BEGIN

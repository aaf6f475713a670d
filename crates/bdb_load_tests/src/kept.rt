// What a file that is loaded says of its text: its settings and pairs are those of the text.
use crate::asked::{NOT_FOUND, Question, ask, ask_all};
use crate::loaded::{Answer, image_of, loaded};
use bdb_tool::LoadError;
use std::test::Fail;

// A row: a dump text, and the text that its file is dumped as.
type Row = (&'static [u8], &'static [u8]);

#[test]
fn settings_and_pairs_are_kept(rt: HostRuntime) -> Result<(), Fail> {
    let rows: [Row; 12] = [
        // no pairs
        (
            b"VERSION=3\ntype=btree\nHEADER=END\nDATA=END\n",
            b"VERSION=3\nformat=print\ntype=btree\ndb_pagesize=4096\ndb_lorder=1234\nHEADER=END\nDATA=END\n",
        ),
        (
            b"VERSION=3\ntype=recno\ndb_pagesize=512\nHEADER=END\nDATA=END\n",
            b"VERSION=3\nformat=print\ntype=recno\ndb_pagesize=512\ndb_lorder=1234\nkeys=1\nHEADER=END\nDATA=END\n",
        ),
        // page size, order, least number of keys
        (
            b"VERSION=3\nformat=print\ntype=btree\ndb_pagesize=1024\ndb_lorder=4321\nbt_minkey=5\nHEADER=END\n b\n 2\n a\n 1\nDATA=END\n",
            b"VERSION=3\nformat=print\ntype=btree\ndb_pagesize=1024\ndb_lorder=4321\nbt_minkey=5\nHEADER=END\n a\n 1\n b\n 2\nDATA=END\n",
        ),
        // pairs are counted
        (
            b"VERSION=3\nformat=print\ntype=btree\nrecnum=1\nHEADER=END\n a\n 1\nDATA=END\n",
            b"VERSION=3\nformat=print\ntype=btree\ndb_pagesize=4096\ndb_lorder=1234\nrecnum=1\nHEADER=END\n a\n 1\nDATA=END\n",
        ),
        // a key twice: the later datum
        (
            b"VERSION=3\nformat=print\ntype=btree\nHEADER=END\n a\n 1\n b\n 2\n a\n 3\nDATA=END\n",
            b"VERSION=3\nformat=print\ntype=btree\ndb_pagesize=4096\ndb_lorder=1234\nHEADER=END\n a\n 3\n b\n 2\nDATA=END\n",
        ),
        // duplicates as they come, and a datum twice
        (
            b"VERSION=3\nformat=print\ntype=btree\nduplicates=1\nHEADER=END\n b\n 9\n a\n 3\n a\n 1\n a\n 3\nDATA=END\n",
            b"VERSION=3\nformat=print\ntype=btree\ndb_pagesize=4096\ndb_lorder=1234\nduplicates=1\nHEADER=END\n a\n 3\n a\n 1\n a\n 3\n b\n 9\nDATA=END\n",
        ),
        // sorted duplicates are in byte order, each once
        (
            b"VERSION=3\nformat=print\ntype=btree\ndupsort=1\nHEADER=END\n a\n 3\n a\n 10\n a\n 3\n a\n \nDATA=END\n",
            b"VERSION=3\nformat=print\ntype=btree\ndb_pagesize=4096\ndb_lorder=1234\nduplicates=1\ndupsort=1\nHEADER=END\n a\n \n a\n 10\n a\n 3\nDATA=END\n",
        ),
        // records out of order, with a gap, one twice
        (
            b"VERSION=3\nformat=print\nkeys=1\ntype=recno\nHEADER=END\n 10\n j\n 3\n c\n 1\n a\n 3\n cc\nDATA=END\n",
            b"VERSION=3\nformat=print\ntype=recno\ndb_pagesize=4096\ndb_lorder=1234\nkeys=1\nHEADER=END\n 1\n a\n 3\n cc\n 10\n j\nDATA=END\n",
        ),
        // records without keys, numbered anew when one goes
        (
            b"VERSION=3\nformat=print\ntype=recno\nrenumber=1\nHEADER=END\n a\n \n c\nDATA=END\n",
            b"VERSION=3\nformat=print\ntype=recno\ndb_pagesize=4096\ndb_lorder=1234\nrenumber=1\nkeys=1\nHEADER=END\n 1\n a\n 2\n \n 3\n c\nDATA=END\n",
        ),
        // a fixed length, filled up by the low byte of re_pad, a point
        (
            b"VERSION=3\nformat=print\nkeys=1\nre_len=3\nre_pad=302\ntype=recno\nHEADER=END\n 2\n x\n 1\n abc\nDATA=END\n",
            b"VERSION=3\nformat=print\ntype=recno\ndb_pagesize=4096\ndb_lorder=1234\nre_len=3\nre_pad=302\nkeys=1\nHEADER=END\n 1\n abc\n 2\n x..\nDATA=END\n",
        ),
        // what doesn't concern a btree is passed over
        (
            b"VERSION=3\nformat=print\nre_len=7\nre_pad=1\nh_ffactor=9\ntype=btree\nHEADER=END\n \n \nDATA=END\n",
            b"VERSION=3\nformat=print\ntype=btree\ndb_pagesize=4096\ndb_lorder=1234\nHEADER=END\n \n \nDATA=END\n",
        ),
        // nor what doesn't concern a recno
        (
            b"VERSION=3\nformat=print\nbt_minkey=7\nkeys=1\ntype=recno\ndb_lorder=4321\nHEADER=END\n 2\n \\00\\ff\nDATA=END\n",
            b"VERSION=3\nformat=print\ntype=recno\ndb_pagesize=4096\ndb_lorder=4321\nkeys=1\nHEADER=END\n 2\n \\00\\ff\nDATA=END\n",
        ),
    ];
    for (text, dumped) in rows {
        let image = image_of(rt.alloc(), text)?;
        ask(
            &rt,
            rt.alloc(),
            image.as_slice(),
            &["dump", "--print"],
            0,
            dumped,
        )?;
        let again = image_of(rt.alloc(), dumped)?;
        ask(
            &rt,
            rt.alloc(),
            again.as_slice(),
            &["dump", "--print"],
            0,
            dumped,
        )?;
    }
    Ok(())
}

// A row: a dump text, the bytes of its file, and what is asked.
type Asked = (&'static [u8], usize, &'static [Question]);

#[test]
fn keys_are_found(rt: HostRuntime) -> Result<(), Fail> {
    let rows: [Asked; 3] = [
        (
            b"VERSION=3\nformat=bytevalue\ntype=btree\ndb_pagesize=512\nduplicates=1\ndupsort=1\nHEADER=END\n 61\n 33\n 61\n 31\n 61\n 33\nDATA=END\n",
            1024,
            &[
                (&["verify"], 0, b"sound, 2 pages\n"),
                (&["get", "a"], 0, b"31\n33\n"),
                (&["get", "b"], 9, NOT_FOUND),
                (&["list"], 0, b"btree\n"),
            ],
        ),
        (
            b"VERSION=3\nformat=bytevalue\ntype=recno\ndb_pagesize=512\nkeys=1\nHEADER=END\n 31\n 61\n 33\n 63\nDATA=END\n",
            1024,
            &[
                (&["verify"], 0, b"sound, 2 pages\n"),
                (&["get", "3"], 0, b"63\n"),
                (&["get", "2"], 9, NOT_FOUND),
                (&["get", "x"], 9, NOT_FOUND),
                (&["list"], 0, b"recno\n"),
            ],
        ),
        // an empty record, filled up: a leaf, and a chain of three full pages
        (
            b"VERSION=3\nformat=print\ntype=recno\ndb_pagesize=512\nre_len=1458\nHEADER=END\n \nDATA=END\n",
            2560,
            &[
                (&["verify"], 0, b"sound, 5 pages\n"),
                (&["list"], 0, b"recno\n"),
            ],
        ),
    ];
    for (text, long, questions) in rows {
        let image = image_of(rt.alloc(), text)?;
        assert_eq!(rt; image.as_slice().len(), long);
        ask_all(&rt, rt.alloc(), image.as_slice(), questions)?;
    }
    Ok(())
}

// A row: a dump text, the most bytes of an image, and why there is none.
type Refused = (&'static [u8], u64, LoadError);

#[test]
fn errors_are_answered(rt: HostRuntime) -> Result<(), Fail> {
    let rows: [Refused; 11] = [
        // record 0 on line 6
        (
            b"VERSION=3\nformat=bytevalue\ntype=recno\nkeys=1\nHEADER=END\n 30\n 61\nDATA=END\n",
            1073741824,
            LoadError::RecordZero(6),
        ),
        // a datum that is longer than the fixed length
        (
            b"VERSION=3\nformat=print\ntype=recno\nkeys=1\nre_len=1\nHEADER=END\n 1\n ab\nDATA=END\n",
            1073741824,
            LoadError::RecordTooLong(7),
        ),
        // both on one line: the lesser code
        (
            b"VERSION=3\nformat=print\nkeys=1\nre_len=1\ntype=recno\nHEADER=END\n 0\n ab\nDATA=END\n",
            1073741824,
            LoadError::RecordTooLong(7),
        ),
        // and before the image is too large
        (
            b"VERSION=3\nformat=print\nkeys=1\nre_len=1\ntype=recno\nHEADER=END\n 0\n a\nDATA=END\n",
            1,
            LoadError::RecordZero(7),
        ),
        // one record of the greatest number
        (
            b"VERSION=3\nformat=bytevalue\ntype=recno\nkeys=1\nHEADER=END\n 34323934393637323935\n 61\nDATA=END\n",
            1073741824,
            LoadError::TooLarge,
        ),
        // a page too many
        (
            b"VERSION=3\nformat=print\ntype=btree\ndb_pagesize=512\nHEADER=END\n a\n b\nDATA=END\n",
            1023,
            LoadError::TooLarge,
        ),
        (
            b"VERSION=3\nformat=print\ntype=btree\nHEADER=END\nDATA=END\n",
            8191,
            LoadError::TooLarge,
        ),
        (
            b"VERSION=3\nformat=print\ntype=btree\nHEADER=END\nDATA=END\n",
            0,
            LoadError::TooLarge,
        ),
        // a record that would be filled up to fifty million bytes, and to all that a number of a header can say
        (
            b"VERSION=3\nformat=print\ntype=recno\nre_len=50000000\nHEADER=END\n a\nDATA=END\n",
            100000,
            LoadError::TooLarge,
        ),
        (
            b"VERSION=3\nformat=print\ntype=recno\nre_len=4294967295\nHEADER=END\n a\n b\nDATA=END\n",
            1073741824,
            LoadError::TooLarge,
        ),
        // three pages of a chain that an empty record is filled up to, and a byte too few for them
        (
            b"VERSION=3\nformat=print\ntype=recno\ndb_pagesize=512\nre_len=1458\nHEADER=END\n \nDATA=END\n",
            2559,
            LoadError::TooLarge,
        ),
    ];
    for (text, most, why) in rows {
        match loaded(rt.alloc(), text, most) {
            Answer::Error(error) => assert_eq!(rt; error, why),
            _ => assert!(rt; false),
        }
    }
    Ok(())
}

END

Work through the listing above and report how many lines include the string "datum", with no other text.

3